Took the time to get 4 fish on video. A couple in the sand, one on top of the grass, and one in a muddy depression. Had my student do all the giggin while I video'd. 

Didn't get the boat or the truck stuck this time. :thumbup: 
Did get checked by the man around 10pm, but we had everything we were suppose to.

Left the ramp at 1:30am with 2 trout(caught on hooknline), 5 sheepshead(largest went 4 pounds, 13 ounces) and 20 flounder(several 18" fish).

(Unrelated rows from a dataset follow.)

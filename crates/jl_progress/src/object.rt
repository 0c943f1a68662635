//! What the builtins of Object and its prototype keep while they wait for a value (15.2).
ghost use Rattle.std.specs.Prelude.{◌≡◌};
ghost use Rattle.jl_heap.specs.Define.{IsOneKind};

use jl_heap::Change;
use jl_text::{List, Text};
use jl_value::{ObjId, Value};
use std::marker::Model;

/// A field of a property descriptor, in the order in which they are read (8.10.5).
#[derive(Clone, Copy, PartialEq, Eq, Debug)]
pub enum DescriptorField {
    Enumerable,
    Configurable,
    Value,
    Writable,
    Get,
    Set,
}

/// What `Object.seal` and `Object.isSealed`, or `Object.freeze` and `Object.isFrozen`, make or ask of a property.
#[derive(Clone, Copy, PartialEq, Eq, Debug)]
pub enum Integrity {
    /// It isn't configurable (15.2.3.8, 15.2.3.11).
    Sealed,
    /// And it isn't writable (15.2.3.9, 15.2.3.12).
    Frozen,
}

/// What is asked of an own property of `this`.
#[derive(Clone, Copy, PartialEq, Eq, Debug)]
pub enum OwnTest {
    /// Whether there is one (15.2.4.5).
    IsThere,
    /// Whether there is one that is enumerable (15.2.4.7).
    IsEnumerable,
}

/// A name and the change that its property is to take, which isn't data and accessor at once (8.10.5, step 9).
/// Contracts see the two as a pair.
#[derive(Drop)]
pub struct NamedChange {
    name: Text,
    change: Change,
}

impl Model for NamedChange {
    ghost use Rattle.jl_heap.specs.Define.{IsOneKind};
    ghost use Rattle.jl_heap.specs.Objects.{Name};
    ghost use Rattle.jl_heap.specs.declared.property.Change.{Change};

    ghost Value = { Name × Change };

    ghost view = { λ c. (c.name, c.change) };

    ghost invariant = { λ c. IsOneKind c.change };
}

impl NamedChange {
    /// A name and a change.
    pub fn new(name: Text, change: Change) -> NamedChange
        requires { IsOneKind change }
        ensures { result ≡ (name, change) }
    {
        NamedChange { name, change }
    }

    /// The name of the property.
    pub fn name(&self) -> &Text
        ensures { result.now ≡ self.now.0 }
    {
        &self.name
    }

    /// What is asked of the property.
    pub fn change(&self) -> &Change
        ensures value { result.now ≡ self.now.1 }
        ensures one_kind { IsOneKind self.now.1 }
    {
        &self.change
    }
}

/// What a descriptor is read for (8.10.5).
#[derive(Drop)]
pub enum DescriptorUse {
    /// `Object.defineProperty` defines a property of an object by it (15.2.3.6).
    One {
        object: ObjId,
        name: Text,
    },
    /// It comes after other changes of an object, and those of the names from an index on come next (15.2.3.7, step 5).
    Next {
        object: ObjId,
        descriptors: ObjId,
        changes: List<NamedChange>,
        name: Text,
        names: List<Text>,
        from: usize,
    },
}

/// What a builtin of Object or its prototype has done so far.
#[derive(Drop)]
pub enum ObjectProgress {
    /// `Object.getOwnPropertyDescriptor` waits for the name as a primitive value (15.2.3.3).
    DescribedName {
        object: ObjId,
    },
    /// `Object.defineProperty` waits for the name as a primitive value (15.2.3.6).
    DefinedName {
        object: ObjId,
        descriptor: Value,
    },
    /// A field of a descriptor was there and waits for its value: the change so far has the fields before it (8.10.5).
    Field {
        field: DescriptorField,
        descriptor: ObjId,
        change: Change,
        purpose: DescriptorUse,
    },
    /// `Object.defineProperties` or `Object.create` waits for the descriptor of a name: the changes so far, and the
    /// index of the name after it (15.2.3.7, step 5).
    Descriptor {
        object: ObjId,
        descriptors: ObjId,
        changes: List<NamedChange>,
        name: Text,
        names: List<Text>,
        from: usize,
    },
    /// Properties of an object are defined, and these changes from an index on are still to come (15.2.3.7, step 6).
    Define {
        object: ObjId,
        changes: List<NamedChange>,
        from: usize,
    },
    /// The properties of an object are sealed or frozen, one a turn, and those of the names from an index on are still
    /// to come (15.2.3.8, 15.2.3.9).
    Restrict {
        integrity: Integrity,
        object: ObjId,
        names: List<Text>,
        from: usize,
    },
    /// The properties of an object are tested, one a turn: whether all so far are sealed or frozen, and the names from
    /// an index on are still to come (15.2.3.11, 15.2.3.12).
    Test {
        integrity: Integrity,
        object: ObjId,
        holds: bool,
        names: List<Text>,
        from: usize,
    },
    /// `Object.prototype.hasOwnProperty` or `propertyIsEnumerable` waits for the name as a primitive value (15.2.4.5,
    /// 15.2.4.7).
    OwnName {
        test: OwnTest,
        this: Value,
    },
}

BTW, 6 HPS lights pushed by a Honda 2000 genny.


----------



## overkill (Sep 9, 2010)

Great videos. Wish the water here was that clear.


----------



## davdoc0011 (Nov 13, 2008)

Looks like a blast


----------



## fulish850 (Oct 21, 2008)

awesome video , music not so awesome !


----------



## Rook (Oct 25, 2007)

Great video and I second Overkill. :thumbup:


----------



## ONEOLDCHIEF (Mar 9, 2011)

How can you tell if they are big enough to gig? Never did it, but looks like a blast...


----------



## bbb (Jun 18, 2008)

ONEOLDCHIEF said:


> How can you tell if they are big enough to gig? Never did it, but looks like a blast...


The gig head is 6" wide. You can put the gig head right above the fish and tell if the fish is longer than twice the width of the head. Most of the time a barely looking legal fish, will actually be 13-14". There is always a little bit of the tail or head you can't see because it is buried under the sand


----------